Intel: Embracing Nvidia's 'big thigh', who is the real winner?

As the undisputed major event of the year in the American chip industry, after the U.S. government exchanged equity for subsidies of over $8 billion and SoftBank made a symbolic investment, last night finally secured a $5 billion investment from NVIDIA. The American version of 'SMIC' has finally found a 'big leg' sponsor.
So in this transaction, who wins and who loses, and who will have the last laugh? Let's take a detailed look at the ins and outs of this matter:
I. Sudden Event: NVIDIA's $5 Billion Investment in Intel
On September 18, 2025,$NVIDIA(NVDA.US) and$Intel(INTC.US) announced a collaboration to jointly develop multiple generations of customized data center and PC products to accelerate applications and workloads in hyperscale, enterprise, and consumer markets.
Details are as follows:
① In the data center field, Intel will customize x86 data center-specific CPUs with NVlink interfaces for NVIDIA, which NVIDIA will integrate into its AI infrastructure platform and market;
② In the PC field, Intel will launch x86 system-on-chip (SoC) integrated with NVIDIA RTX GPU chips.
③ NVIDIA will invest $5 billion in Intel's common stock at $23.28 per share (a 6.5% discount compared to the stock price the day before the transaction announcement).
II. Background: The 'Unhelpable' Intel
Intel, which was once glorious in the PC era, has fallen to the point of needing repeated joint investments from giants? In Dolphin Research's view, the core issue is that in the cloud and AI era, Intel has been substantially 'pierced by three arrows':
① 'Kicked out' of the data center battlefield:
Data center GPU: Intel completely missed the market opportunity for GPUs in the AI wave, having no presence in the data center market;
Data center CPU: Due to increased GPU investment, CPU updates are slow, and Intel's core customers—cloud vendors—are themselves extending the depreciation cycle of traditional CPU servers, weakening the demand for new CPU purchases.
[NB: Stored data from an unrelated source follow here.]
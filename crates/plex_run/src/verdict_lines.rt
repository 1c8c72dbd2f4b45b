//! The line that tells what a check of a report found.
ghost use Rattle.std.specs.Prelude.{◌≡◌, ◌∷◌, [], ◌++◌, codes, IfOk, OnOk};
ghost use Rattle.std.specs.Fmt.{decimal};
ghost use Rattle.plex_run.specs.Checking.{verdict_line, verdict_of, verdict_of_checked};

use crate::checking::Found;
use check_model::Checked;
use plex_load::scripts::Script;
use plex_load::scripts::plain::{put_caller_name, put_digits, put_structure_name, put_text};
use plex_load::types::{ConnId, NoMemory, StrNo};
use std::alloc::Global;

// Puts a number to a line, and ends it.
fn put_last(line: &mut Vec<u8>, number: u64) -> Result<(), NoMemory>
    ensures { OnOk result (line.new.items ≡ line.old.items ++ decimal number ++ 10 ∷ []) }
{
    put_digits(line, number)?;
    put_text(line, b"\n")
}

// A word and a number.
fn counted(alloc: Global, word: &[u8], number: u64) -> Result<Vec<u8>, NoMemory>
    ensures { IfOk result (λ line. line.items ≡ word.now ++ decimal number ++ 10 ∷ []) }
{
    let mut line = Vec::from_slice(alloc, word)?;
    put_last(&mut line, number)?;
    Ok(line)
}

// The structure with the first history that isn't legal, and where it breaks off.
fn entry_line(alloc: Global, script: &Script, on: StrNo, place: u32) -> Result<Vec<u8>, NoMemory>
    ensures { IfOk result (λ line. line.items ≡ verdict_line
        (verdict_of_checked script.now (Checked.BadEntry on place))) }
{
    let mut line = Vec::from_slice(alloc, b"NO ")?;
    put_structure_name(&mut line, script.structures.items(), on.0 as usize)?;
    put_text(&mut line, b" ")?;
    put_last(&mut line, u64::from(place))?;
    Ok(line)
}

// The first caller whose transcript is wrong, and where.
fn item_line(alloc: Global, script: &Script, by: ConnId, item: u32) -> Result<Vec<u8>, NoMemory>
    ensures { IfOk result (λ line. line.items ≡ verdict_line
        (verdict_of_checked script.now (Checked.BadItem by item))) }
{
    let mut line = Vec::from_slice(alloc, b"NO TRANSCRIPT ")?;
    put_caller_name(&mut line, script.connectors.items(), by.0 as usize)?;
    put_text(&mut line, b" ")?;
    put_last(&mut line, u64::from(item))?;
    Ok(line)
}

// What is said of what a report prints.
fn checked_line(alloc: Global, script: &Script, answer: Checked) -> Result<Vec<u8>, NoMemory>
    ensures { IfOk result (λ line. line.items
        ≡ verdict_line (verdict_of_checked script.now answer)) }
{
    match answer {
        Checked::Yes { entries } => counted(alloc, b"YES ", entries),
        Checked::BadEntry { on, no } => entry_line(alloc, script, on, no),
        Checked::BadItem { by, item } => item_line(alloc, script, by, item),
    }
}

/// The line that tells what a check found.
///
/// # Errors
///
/// `NoMemory` where there is no memory for the line.
pub(crate) fn found_line(alloc: Global, script: &Script, found: Found) -> Result<Vec<u8>, NoMemory>
    ensures { IfOk result (λ line. line.items ≡ verdict_line (verdict_of script.now found)) }
{
    match found {
        Found::Unread { line } => counted(alloc, b"NO TEXT ", u64::from(line)),
        Found::Judged { answer } => checked_line(alloc, script, answer),
    }
}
Intel's own strong point—data center CPU servers—failed in GPU products, as competitors AMD and NVIDIA bundled their ARM architecture CPUs with their GPU sales, offering rack and system integration solutions, causing Intel's market share in the data center CPU market to fall from the original 80-90% to around 75%.
As a result, normal data center suppliers are expanding in the AI era, but Intel is completely stagnant in the face of cloud vendors' capital expenditure waves.
② PC Market:
Intel is also significantly impacted by AMD in the PC market, especially in the desktop CPU market, where AMD has surpassed Intel in market share.
Client business is the company's traditional advantage and main source of profit. If the company loses even this basic market, it will be difficult to bring hope to the market.
Meanwhile, in the upcoming AI PC prospects, because ARM architecture instructions are relatively simple, running GPU, CPU+NPU is faster and more energy-efficient, as ARM architecture computer performance continues to improve, Intel's position in the traditional computer CPU market will face greater threats once fully entering the AI PC era;
③ Slow progress in external foundry: Under the heavy asset, vertically integrated layout of chip self-research and self-production, Intel's internal CPU business is hopeless, orders are shrinking, and foundry is gradually falling behind.
In terms of external foundry progress, it has not gained market trust, and the company hopes to achieve breakthroughs at the 18A node. In terms of transistor density, 18A is still significantly lower than TSMC's N3P, and the market itself accepts its lag.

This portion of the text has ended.